Testimony For: The current reporting system supports and supplements the Federal regulations that require drug and alcohol testing. In 2002, the Legislature took the opportunity to close a loophole in federal law. It was the original intent of the bill in 2002 to cover all commercial drivers licence holders in Washington and the failure to include transit drivers was only the result of a drafting error that referenced the wrong federal regulation.

This bill enhances public safety on our streets and public highways. Passage of this bill will help pupil transportation administrators deal with drivers who refuse to take a random drug or alcohol test.

The unintended consequence of language used in the original bill caused a dual treatment and certification system which is problematic and unnecessary burdensome on drivers who are trying to do the right thing. This bill fixes the language and will help those that are trying to seek treatment and get back on the road.

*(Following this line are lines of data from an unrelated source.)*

// A controller's expressions as sums over the columns of a shape.
ghost use Rattle.std.specs.Prelude.{◌≡◌, ◌+◌, ◌≤◌, neg_ℤ, IfOk, unsigned_abs};
ghost use Rattle.condition_tree.specs.Trees.{leaf};
ghost use Rattle.claims.specs.Subjects.{part};
ghost use Rattle.clause_form.specs.Formulas.{formula_of};
ghost use Rattle.run_rows.specs.Runs.{state_count};
ghost use Rattle.ctrl_types.specs.Limits.{IsSource};
ghost use Rattle.ctrl_meaning.specs.Expressions.{comparison_claim, lin_terms, scale_of_two, scale_with, source_terms};
ghost use Rattle.unroll.specs.ClaimFormulas.{claim_formula};
ghost use Rattle.unroll.specs.FlowLimits.{AreTerms, CanAdd, CanCompare, CanRead};
ghost use Rattle.unroll.specs.Sums.{with_parts};

use crate::sums::Sum;
use clause_form::Formula;
use ctrl_meaning::ReadPoint;
use ctrl_types::{Lin, Source};
use run_rows::{Entry, Shape};
use std::alloc::Global;
use weighing::{Rel5, Side, with_denominator};
use whole::NoMemory;

/// The number with its sign turned.
#[tactic(auto, using(whole::proofs::Overflow::signed))]
pub(crate) fn negated(number: i128) -> i128
    requires { unsigned_abs number ≤ 1000000000000 }
    ensures value { result ≡ neg_ℤ number }
    ensures size { unsigned_abs result ≤ 1000000000000 }
{
    -number
}

impl Sum {
    /// The sum with a multiple of what a term is taken of.
    #[tactic(auto, using(whole::proofs::Overflow::signed))]
    fn plus_source(
        self,
        shape: &Shape,
        at: &ReadPoint,
        factor: i128,
        of: Source,
    ) -> Result<Sum, NoMemory>
        requires read { CanRead shape.now at.now }
        requires source_in { IsSource (state_count shape.now at.now.states) of }
        requires factor_to { unsigned_abs factor ≤ 1000000000000 }
        requires constant_to { unsigned_abs self.constant ≤ 100000000000000 }
        ensures value { IfOk result (λ sum. sum ≡ with_parts shape.now self (source_terms part at.now factor of)) }
        ensures constant { IfOk result (λ sum. unsigned_abs sum.constant ≤ unsigned_abs self.constant + 1000000000000) }
    {
        match of {
            Source::One => Ok(self.plus_constant(factor)),
            Source::State(state) => self.plus(
                shape,
                factor,
                Entry::X {
                    row: at.states,
                    flow: at.flow,
                    state,
                },
            ),
            Source::Acked => self.plus_served(shape, at, factor),
            Source::Lost => self.plus_lost(shape, at, factor),
        }
    }

    /// The sum with a multiple of what was served in the step that the sender hears of.
    #[tactic(auto, using(whole::proofs::Overflow::signed))]
    fn plus_served(self, shape: &Shape, at: &ReadPoint, factor: i128) -> Result<Sum, NoMemory>
        requires read { CanRead shape.now at.now }
        requires factor_to { unsigned_abs factor ≤ 1000000000000 }
        ensures value { IfOk result (λ sum. sum ≡ with_parts shape.now self (source_terms part at.now factor Source.Acked)) }
    {
        let ReadPoint { flow, heard, .. } = *at;
        let now = self.plus(shape, factor, Entry::S { row: heard, flow })?;
        let before = Entry::S {
            row: heard - 1,
            flow,
        };
        now.plus(shape, negated(factor), before)
    }

    /// The sum with a multiple of what was lost in the step that the sender hears of.
    #[tactic(auto, using(whole::proofs::Overflow::signed))]
    fn plus_lost(self, shape: &Shape, at: &ReadPoint, factor: i128) -> Result<Sum, NoMemory>
        requires read { CanRead shape.now at.now }
        requires factor_to { unsigned_abs factor ≤ 1000000000000 }
        ensures value { IfOk result (λ sum. sum ≡ with_parts shape.now self (source_terms part at.now factor Source.Lost)) }
    {
        let ReadPoint { flow, heard, .. } = *at;
        let now = self.plus(shape, factor, Entry::L { row: heard, flow })?;
        let before = Entry::L {
            row: heard - 1,
            flow,
        };
        now.plus(shape, negated(factor), before)
    }

    /// The sum with the terms of an expression on a side of a comparison.
    pub(crate) fn plus_lin(
        self,
        shape: &Shape,
        at: &ReadPoint,
        side: Side,
        scale: u32,
        lin: &Lin,
    ) -> Result<Sum, NoMemory>
        requires read { CanRead shape.now at.now }
        requires lin_in { CanAdd shape.now at.now lin.now }
        requires scale_to { scale ≤ 1000000 }
        requires constant_to { unsigned_abs self.constant ≤ 20000000000000 }
        ensures value { IfOk result (λ sum. sum ≡ with_parts shape.now self (lin_terms part at.now side scale lin.now.terms)) }
        ensures constant { IfOk result (λ sum. unsigned_abs sum.constant ≤ unsigned_abs self.constant + 16000000000000) }
    {
        let mut sum = self;
        for term in lin.terms.as_slice() {
            let factor = term.coef.scaled(scale, side);
            sum = sum.plus_source(shape, at, factor, term.of)?;
        }
        Ok(sum)
    }
}

/// The least common multiple of the scale and the expression's denominators.
pub(crate) fn scale_with(start: u32, shape: &Shape, at: &ReadPoint, lin: &Lin) -> u32
    requires start_from { 1 ≤ start }
    requires terms_in { AreTerms shape.now at.now lin.now.terms }
    requires least_to { scale_with start lin.now.terms ≤ 1000000 }
    ensures { result ≡ scale_with start lin.now.terms }
{
    let mut scale = start;
    for term in lin.terms.as_slice() {
        scale = with_denominator(scale, term.coef);
    }
    scale
}

/// That the sides of a comparison stand so.
pub(crate) fn comparison(
    alloc: Global,
    shape: &Shape,
    at: &ReadPoint,
    left: &Lin,
    rel: Rel5,
    right: &Lin,
) -> Result<Formula, NoMemory>
    requires read { CanRead shape.now at.now }
    requires can { CanCompare shape.now at.now left.now right.now }
    ensures { IfOk result (λ f. formula_of f ≡ claim_formula shape.now (leaf (comparison_claim part at.now left.now rel right.now))) }
{
    let scale = scale_with(scale_with(1, shape, at, left), shape, at, right);
    let left_sum = Sum::new(alloc).plus_lin(shape, at, Side::Left, scale, left)?;
    let sum = left_sum.plus_lin(shape, at, Side::Right, scale, right)?;
    sum.related(alloc, rel)
}
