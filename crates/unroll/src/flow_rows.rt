// The formulas of a row that say that each flow opens within its ranges, or takes a step of its controller.
ghost use Rattle.std.specs.Prelude.{◌≡◌, ◌↔◌, ◌<◌, ◌≤◌, ℕ, ℤ, pos, [], ◌∷◌, length, IfOk};
ghost use Rattle.claims.specs.Columns.{run_of};
ghost use Rattle.claims.specs.Subjects.{each_flow, part};
ghost use Rattle.clause_form.specs.Formulas.{AreTrueAt, CanTake, EachComparison};
ghost use Rattle.path_server.specs.Limits.{IsSetting};
ghost use Rattle.run_rows.specs.Columns.{entries_of, rows_of, value_at};
ghost use Rattle.run_rows.specs.declared.rows.Run.{Run};
ghost use Rattle.ctrl_types.specs.Limits.{IsController};
ghost use Rattle.ctrl_meaning.specs.Flows.{FlowsHold, controlled_row_claims, flow_claims, opening_row_claims, step_claims};
ghost use Rattle.ctrl_meaning.specs.Limits.{HasShape, IsControlled};
ghost use Rattle.ctrl_meaning.specs.Sends.{send_claim};
ghost use Rattle.ctrl_meaning.specs.Steps.{sending, stepping};
ghost use Rattle.unroll.specs.ClaimFormulas.{Adds, claim_formulas, trees};
ghost use Rattle.ctrl_meaning.specs.Flows.{shape_for};

use crate::openings::plus_opening;
use crate::sends::plus_send;
use crate::steps::plus_steps;
use clause_form::Formula;
use ctrl_meaning::ReadPoint;
use ctrl_types::Controller;
use path_server::Setting;
use question_text::Question;
use run_rows::Shape;
use std::alloc::Global;
use whole::NoMemory;

/// The formulas that the controller makes of a row, 0 to the last of the question's runs: on the opening row those of the
/// ranges of the states, by flow and state, or none where the opening is free; on a controlled row those of the rules, by
/// flow and rule, and after them, by flow, those of what is sent.
pub fn flow_row(
    alloc: Global,
    controller: &Controller,
    question: &Question,
    row: u32,
    free: bool,
) -> Result<Vec<Formula>, NoMemory>
    requires controller_in { IsController controller.now }
    requires setting_in { IsSetting question.now.setting }
    requires row_in { row < rows_of (shape_for controller.now question.now.setting) }
    ensures exact { IfOk result (λ fs. trees fs.items ≡ claim_formulas (shape_for controller.now question.now.setting) (flow_claims part free controller.now question.now.setting row)) }

    // At any values of the columns they are all true exactly where each flow opens or steps as it may, in the run of these values.
    ensures made { IfOk result (λ fs. (value : ℕ → ℤ) (over : ℕ) → 0 < over → AreTrueAt value over (trees fs.items) ↔ FlowsHold free controller.now question.now.setting (run_of (shape_for controller.now question.now.setting) value (pos over)) row) }

    // At the values of a run of the shape they are all true exactly where each flow opens or steps as it may in that run.
    ensures read { IfOk result (λ fs. (run : Run) (over : ℕ) → HasShape controller.now question.now.setting run → run.over ≡ pos over → AreTrueAt (value_at (shape_for controller.now question.now.setting) run) over (trees fs.items) ↔ FlowsHold free controller.now question.now.setting run row) }

    // They can be turned into clauses.
    ensures small { IfOk result (λ fs. EachComparison (CanTake (length (entries_of (shape_for controller.now question.now.setting)))) (trees fs.items)) }
{
    row_formulas(alloc, controller, &question.setting, row, free)
}

/// By the kind of the row.
#[tactic(auto, unfolding(ctrl_meaning::specs::Flows::flow_claims))]
fn row_formulas(
    alloc: Global,
    controller: &Controller,
    setting: &Setting,
    row: u32,
    free: bool,
) -> Result<Vec<Formula>, NoMemory>
    requires controller_in { IsController controller.now }
    requires setting_in { IsSetting setting.now }
    requires row_in { row < rows_of (shape_for controller.now setting.now) }
    ensures { IfOk result (λ fs. trees fs.items ≡ claim_formulas (shape_for controller.now setting.now) (flow_claims part free controller.now setting.now row)) }
{
    let shape = setting.shape(controller.states.len() as u32, controller.delay_max);
    if row < shape.h || (row == shape.h && free) {
        return Ok(Vec::new(alloc));
    }
    if row == shape.h {
        return opening_row(alloc, &shape, controller, setting, row);
    }
    controlled_row(alloc, &shape, controller, setting, row)
}

/// The ranges of each flow's states.
fn opening_row(
    alloc: Global,
    shape: &Shape,
    controller: &Controller,
    setting: &Setting,
    row: u32,
) -> Result<Vec<Formula>, NoMemory>
    requires controller_in { IsController controller.now }
    requires setting_in { IsSetting setting.now }
    requires shape_in { shape.now ≡ shape_for controller.now setting.now }
    requires row_in { row ≡ shape.now.h }
    ensures { IfOk result (λ fs. trees fs.items ≡ claim_formulas shape.now (opening_row_claims part controller.now setting.now row)) }
{
    let mut formulas = Vec::new(alloc);
    for index in 0..setting.flows {
        formulas = plus_opening(alloc, formulas, shape, controller, row, index + 1)?;
    }
    Ok(formulas)
}

/// The rules of all flows, and then what each sends.
fn controlled_row(
    alloc: Global,
    shape: &Shape,
    controller: &Controller,
    setting: &Setting,
    row: u32,
) -> Result<Vec<Formula>, NoMemory>
    requires controller_in { IsController controller.now }
    requires setting_in { IsSetting setting.now }
    requires shape_in { shape.now ≡ shape_for controller.now setting.now }
    requires row_in { IsControlled controller.now setting.now row }
    ensures { IfOk result (λ fs. trees fs.items ≡ claim_formulas shape.now (controlled_row_claims part controller.now setting.now row)) }
{
    let formulas = step_formulas(alloc, shape, controller, setting, row)?;
    plus_sends(alloc, formulas, shape, controller, setting, row)
}

/// The rules of each flow.
fn step_formulas(
    alloc: Global,
    shape: &Shape,
    controller: &Controller,
    setting: &Setting,
    row: u32,
) -> Result<Vec<Formula>, NoMemory>
    requires controller_in { IsController controller.now }
    requires setting_in { IsSetting setting.now }
    requires shape_in { shape.now ≡ shape_for controller.now setting.now }
    requires row_in { IsControlled controller.now setting.now row }
    ensures { IfOk result (λ fs. trees fs.items ≡ claim_formulas shape.now (each_flow (λ f. step_claims part controller.now (stepping setting.now row f)) setting.now.flows)) }
{
    let mut formulas = Vec::new(alloc);
    for index in 0..setting.flows {
        let at = ReadPoint {
            row,
            flow: index + 1,
            states: row - 1,
            heard: row - setting.rtt,
        };
        formulas = plus_steps(alloc, formulas, shape, &at, controller)?;
    }
    Ok(formulas)
}

/// The formulas with those of what each flow sends.
fn plus_sends(
    alloc: Global,
    formulas: Vec<Formula>,
    shape: &Shape,
    controller: &Controller,
    setting: &Setting,
    row: u32,
) -> Result<Vec<Formula>, NoMemory>
    requires controller_in { IsController controller.now }
    requires setting_in { IsSetting setting.now }
    requires shape_in { shape.now ≡ shape_for controller.now setting.now }
    requires row_in { IsControlled controller.now setting.now row }
    ensures { IfOk result (λ fs. Adds shape.now formulas.items (each_flow (λ f. send_claim part (sending setting.now row f) controller.now.window controller.now.rate ∷ []) setting.now.flows) fs.items) }
{
    let mut formulas = formulas;
    for index in 0..setting.flows {
        let at = ReadPoint {
            row,
            flow: index + 1,
            states: row,
            heard: row - setting.rtt,
        };
        formulas = plus_send(alloc, formulas, shape, &at, controller)?;
    }
    Ok(formulas)
}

Testimony Against: Transit employers and employees follow the federal guidelines very strictly. The Amalgamated Transit Union (ATU) does not condone impaired driving. The ATU has concerns about its employees' privacy. A disqualification can have far reaching implications for drivers. We support DOL's attempt to correct the language concerning Substance Abuse Professionals. We also support preemployment positive tests being reported to DOL, but cannot support DOL disqualifying the commercial driver's license. Federal law only requires a disqualification upon conviction of an offense. The disqualification at the state level is overkill.

Who Testified: PRO: Clark Holloway, Department of Licensing; Norm Miller, Washington Trucking Association; Allan Jones, Office of the Superintendent of Public Instruction; Pam Beltz, Health Force Partners.

CON: Jim Fitzgerald, Amalgamated Transit Union.